- Data to process
//! Which further rows are tried of a buffer, so that few are. At a spot the buffer's own byte picks entries. An entry names a
//! row and one more byte that it asks, so that a row is tried whole only where the buffer has that byte too. Rows that ask for
//! a name, or for the first key of an object, are found by it, which is read once for all of them.
ghost use Rattle.std.specs.Prelude.{◌≡◌};
ghost use Rattle.infer_more.specs.Index.{EachIsFoundByName, EachParentlessIsFound, FindsBelow, FindsByLead, FindsParentless, IsWayBelow, name_at};

use crate::row_data::span;
use infer_evidence::Span;

/// A row, by its number among the further rows, that is tried only if a buffer has the byte at the place.
pub(crate) struct Entry {
    pub place: u32,
    pub row: u16,
    pub byte: u8,
}

/// A row, by its number among the further rows, that is found by a name: that of a program, of a folder or of a root element, a
/// class id or the first key of an object. A root or a key may need one more text: in its tag, or as its value.
pub(crate) struct Named {
    pub row: u16,
    pub name: Span,
    pub text: Option<Span>,
}

/// How the rows below a built-in row are found.
pub(crate) enum Below {
    /// There are none.
    Nothing,
    /// By trying those of which a buffer has the byte, up to the first that widens the answer.
    Entries(&'static [Entry]),
    /// By trying some, and by the class id of a compound file.
    ClassIds(&'static [Entry], &'static [Named]),
    /// By trying some, and by the program of a script. The names stand in buckets, by five bits of their first byte.
    Programs(&'static [Entry], &'static [&'static [Named]]),
    /// By the root element. The names stand in buckets, too.
    Roots(&'static [&'static [Named]]),
    /// By trying some, and by the folder of an application in a package.
    Packages(&'static [Entry], &'static [Named]),
    /// By trying some, and others only if the first directory of a TIFF file has one of two tags, for which it is read once.
    Tagged(&'static [Entry], u16, u16, &'static [Entry]),
}

/// The rows of JSON lines, of JSON and of plain text, the last. A buffer is read once for the first two.
#[derive(Clone, Copy)]
pub(crate) struct Texts {
    pub lines: u16,
    pub json: u16,
    pub plain: u16,
}

/// A place at which each byte picks the entries of a span: that which stands so far after the first as the byte says.
pub(crate) struct Spot {
    pub place: u32,
    pub first: u16,
}

/// The rows without a parent that are tried, each at a spot. The spans of all spots stand in one list: where each begins among
/// the entries, and where the last ends. The texts come last.
#[derive(Clone, Copy)]
pub(crate) struct Parentless {
    pub spots: &'static [Spot],
    pub starts: &'static [u16],
    pub entries: &'static [Entry],
    pub texts: Texts,
}

/// The rows without a parent by few bytes that rule them out: the first byte picks the entries of those that allow it, and beside
/// them stand those that ask nothing of it. The texts rule out themselves.
#[derive(Clone, Copy)]
pub(crate) struct ByLead {
    pub index: Parentless,
    pub beside: &'static [Entry],
}

/// The rows without a parent that are found by the root of markup or by the first key of an object, which is looked for once
/// for all of them. A static of its own, as the check of one takes time quadratic in the lists inside it.
pub(crate) struct ByName {
    pub roots: &'static [&'static [Named]],
    pub keys: &'static [Named],
}

macro_rules! picked {
    ($($place:literal $byte:literal $row:literal),*) => {
        [$(Entry {
            place: $place,
            row: $row,
            byte: $byte,
        }),*]
    };
}

macro_rules! entries {
    ($($place:literal $byte:literal $row:literal),*) => {
        &picked![$($place $byte $row),*]
    };
}

macro_rules! named {
    ($($name:literal $length:literal ($($text:literal $long:literal)?) $row:literal),*) => {
        &[$(Named {
            row: $row,
            name: span!($name $length),
            text: text!($($text $long)?),
        }),*]
    };
}

macro_rules! buckets {
    ($(($($name:literal $length:literal ($($text:literal $long:literal)?) $row:literal),*))*) => {
        &[$(named![$($name $length ($($text $long)?) $row),*]),*]
    };
}

macro_rules! text {
    () => {
        None
    };
    ($text:literal $length:literal) => {
        Some(span!($text $length))
    };
}

macro_rules! spots {
    ($($place:literal $first:literal),*) => {
        [$(Spot {
            place: $place,
            first: $first,
        }),*]
    };
}

macro_rules! starts {
    ($($start:literal)*) => {
        [$($start),*]
    };
}

mod generated;
pub(crate) mod search;

pub use generated::FURTHER_COUNT;
use generated::{
    BESIDE, BY_NAME, ENTRIES, LEAD_ENTRIES, LEAD_SPOTS, LEAD_STARTS, SPOTS, STARTS, TEXTS,
    name_texts, way_listed,
};

/// The text at a span of those by which rows are found.
#[inline(always)]
fn name_at(span: Span) -> &'static [u8]
    ensures { result.now ≡ name_at span }
{
    span.of(name_texts())
}

/// How the rows below this built-in row are found: in a way by which just those are found that widen its answer.
#[inline(always)]
pub(crate) fn way_below(parent: usize) -> &'static Below
    ensures each { IsWayBelow parent result.now }
    ensures finds { FindsBelow parent result.now }
{
    let way = way_listed(parent);
    law_finds_below(parent, way);
    way
}

/// A law: in a way that has each row below a built-in one, just those are found that widen its answer.
#[tactic(auto, using(crate::proofs::FoundLemmas::all_below))]
fn law_finds_below(parent: usize, way: &Below)
    requires { IsWayBelow parent way.now }
    ensures { FindsBelow parent way.now }
{
    let _ = parent;
    let _ = way;
    infer_formats::laws::leads();
    infer_sig::laws::by_place();
}

/// The rows without a parent, but for those that are found by a name.
#[inline(always)]
pub(crate) fn without_parent() -> Parentless
    ensures { EachParentlessIsFound result }
{
    Parentless {
        spots: &SPOTS,
        starts: &STARTS,
        entries: &ENTRIES,
        texts: TEXTS,
    }
}

/// The rows without a parent that are found by a name.
#[inline(always)]
pub(crate) fn named_without_parent() -> &'static ByName
    ensures { EachIsFoundByName result.now }
{
    &BY_NAME
}

/// The rows without a parent, by what rules them out.
pub(crate) fn all_by_lead() -> ByLead
    ensures { FindsByLead result }
{
    infer_formats::laws::leads();
    infer_sig::laws::by_place();
    ByLead {
        index: Parentless {
            spots: &LEAD_SPOTS,
            starts: &LEAD_STARTS,
            entries: &LEAD_ENTRIES,
            texts: TEXTS,
        },
        beside: &BESIDE,
    }
}

/// A law: by an index that has each row without a parent, and by the names of those that are found by one, just those are found
/// that widen an answer below which there is none.
pub(crate) fn law_finds_parentless(index: &Parentless, names: &ByName)
    requires each { EachParentlessIsFound index.now }
    requires named { EachIsFoundByName names.now }
    ensures { FindsParentless index.now names.now }
{
    let _ = index;
    let _ = names;
    infer_formats::laws::leads();
    infer_sig::laws::by_place();
}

- Assignment
Would you copy the data exactly as shown above?

- Output of the exercise
//! Which further rows are tried of a buffer, so that few are. At a spot the buffer's own byte picks entries. An entry names a
//! row and one more byte that it asks, so that a row is tried whole only where the buffer has that byte too. Rows that ask for
//! a name, or for the first key of an object, are found by it, which is read once for all of them.
ghost use Rattle.std.specs.Prelude.{◌≡◌};
ghost use Rattle.infer_more.specs.Index.{EachIsFoundByName, EachParentlessIsFound, FindsBelow, FindsByLead, FindsParentless, IsWayBelow, name_at};

use crate::row_data::span;
use infer_evidence::Span;

/// A row, by its number among the further rows, that is tried only if a buffer has the byte at the place.
pub(crate) struct Entry {
    pub place: u32,
    pub row: u16,
    pub byte: u8,
}

/// A row, by its number among the further rows, that is found by a name: that of a program, of a folder or of a root element, a
/// class id or the first key of an object. A root or a key may need one more text: in its tag, or as its value.
pub(crate) struct Named {
    pub row: u16,
    pub name: Span,
    pub text: Option<Span>,
}

/// How the rows below a built-in row are found.
pub(crate) enum Below {
    /// There are none.
    Nothing,
    /// By trying those of which a buffer has the byte, up to the first that widens the answer.
    Entries(&'static [Entry]),
    /// By trying some, and by the class id of a compound file.
    ClassIds(&'static [Entry], &'static [Named]),
    /// By trying some, and by the program of a script. The names stand in buckets, by five bits of their first byte.
    Programs(&'static [Entry], &'static [&'static [Named]]),
    /// By the root element. The names stand in buckets, too.
    Roots(&'static [&'static [Named]]),
    /// By trying some, and by the folder of an application in a package.
    Packages(&'static [Entry], &'static [Named]),
    /// By trying some, and others only if the first directory of a TIFF file has one of two tags, for which it is read once.
    Tagged(&'static [Entry], u16, u16, &'static [Entry]),
}

/// The rows of JSON lines, of JSON and of plain text, the last. A buffer is read once for the first two.
#[derive(Clone, Copy)]
pub(crate) struct Texts {
    pub lines: u16,
    pub json: u16,
    pub plain: u16,
}

/// A place at which each byte picks the entries of a span: that which stands so far after the first as the byte says.
pub(crate) struct Spot {
    pub place: u32,
    pub first: u16,
}

/// The rows without a parent that are tried, each at a spot. The spans of all spots stand in one list: where each begins among
/// the entries, and where the last ends. The texts come last.
#[derive(Clone, Copy)]
pub(crate) struct Parentless {
    pub spots: &'static [Spot],
    pub starts: &'static [u16],
    pub entries: &'static [Entry],
    pub texts: Texts,
}

/// The rows without a parent by few bytes that rule them out: the first byte picks the entries of those that allow it, and beside
/// them stand those that ask nothing of it. The texts rule out themselves.
#[derive(Clone, Copy)]
pub(crate) struct ByLead {
    pub index: Parentless,
    pub beside: &'static [Entry],
}

/// The rows without a parent that are found by the root of markup or by the first key of an object, which is looked for once
/// for all of them. A static of its own, as the check of one takes time quadratic in the lists inside it.
pub(crate) struct ByName {
    pub roots: &'static [&'static [Named]],
    pub keys: &'static [Named],
}

macro_rules! picked {
    ($($place:literal $byte:literal $row:literal),*) => {
        [$(Entry {
            place: $place,
            row: $row,
            byte: $byte,
        }),*]
    };
}

macro_rules! entries {
    ($($place:literal $byte:literal $row:literal),*) => {
        &picked![$($place $byte $row),*]
    };
}

macro_rules! named {
    ($($name:literal $length:literal ($($text:literal $long:literal)?) $row:literal),*) => {
        &[$(Named {
            row: $row,
            name: span!($name $length),
            text: text!($($text $long)?),
        }),*]
    };
}

macro_rules! buckets {
    ($(($($name:literal $length:literal ($($text:literal $long:literal)?) $row:literal),*))*) => {
        &[$(named![$($name $length ($($text $long)?) $row),*]),*]
    };
}

macro_rules! text {
    () => {
        None
    };
    ($text:literal $length:literal) => {
        Some(span!($text $length))
    };
}

macro_rules! spots {
    ($($place:literal $first:literal),*) => {
        [$(Spot {
            place: $place,
            first: $first,
        }),*]
    };
}

macro_rules! starts {
    ($($start:literal)*) => {
        [$($start),*]
    };
}

mod generated;
pub(crate) mod search;

pub use generated::FURTHER_COUNT;
use generated::{
    BESIDE, BY_NAME, ENTRIES, LEAD_ENTRIES, LEAD_SPOTS, LEAD_STARTS, SPOTS, STARTS, TEXTS,
    name_texts, way_listed,
};

/// The text at a span of those by which rows are found.
#[inline(always)]
fn name_at(span: Span) -> &'static [u8]
    ensures { result.now ≡ name_at span }
{
    span.of(name_texts())
}

/// How the rows below this built-in row are found: in a way by which just those are found that widen its answer.
#[inline(always)]
pub(crate) fn way_below(parent: usize) -> &'static Below
    ensures each { IsWayBelow parent result.now }
    ensures finds { FindsBelow parent result.now }
{
    let way = way_listed(parent);
    law_finds_below(parent, way);
    way
}

/// A law: in a way that has each row below a built-in one, just those are found that widen its answer.
#[tactic(auto, using(crate::proofs::FoundLemmas::all_below))]
fn law_finds_below(parent: usize, way: &Below)
    requires { IsWayBelow parent way.now }
    ensures { FindsBelow parent way.now }
{
    let _ = parent;
    let _ = way;
    infer_formats::laws::leads();
    infer_sig::laws::by_place();
}

/// The rows without a parent, but for those that are found by a name.
#[inline(always)]
pub(crate) fn without_parent() -> Parentless
    ensures { EachParentlessIsFound result }
{
    Parentless {
        spots: &SPOTS,
        starts: &STARTS,
        entries: &ENTRIES,
        texts: TEXTS,
    }
}

/// The rows without a parent that are found by a name.
#[inline(always)]
pub(crate) fn named_without_parent() -> &'static ByName
    ensures { EachIsFoundByName result.now }
{
    &BY_NAME
}

/// The rows without a parent, by what rules them out.
pub(crate) fn all_by_lead() -> ByLead
    ensures { FindsByLead result }
{
    infer_formats::laws::leads();
    infer_sig::laws::by_place();
    ByLead {
        index: Parentless {
            spots: &LEAD_SPOTS,
            starts: &LEAD_STARTS,
            entries: &LEAD_ENTRIES,
            texts: TEXTS,
        },
        beside: &BESIDE,
    }
}

/// A law: by an index that has each row without a parent, and by the names of those that are found by one, just those are found
/// that widen an answer below which there is none.
pub(crate) fn law_finds_parentless(index: &Parentless, names: &ByName)
    requires each { EachParentlessIsFound index.now }
    requires named { EachIsFoundByName names.now }
    ensures { FindsParentless index.now names.now }
{
    let _ = index;
    let _ = names;
    infer_formats::laws::leads();
    infer_sig::laws::by_place();
}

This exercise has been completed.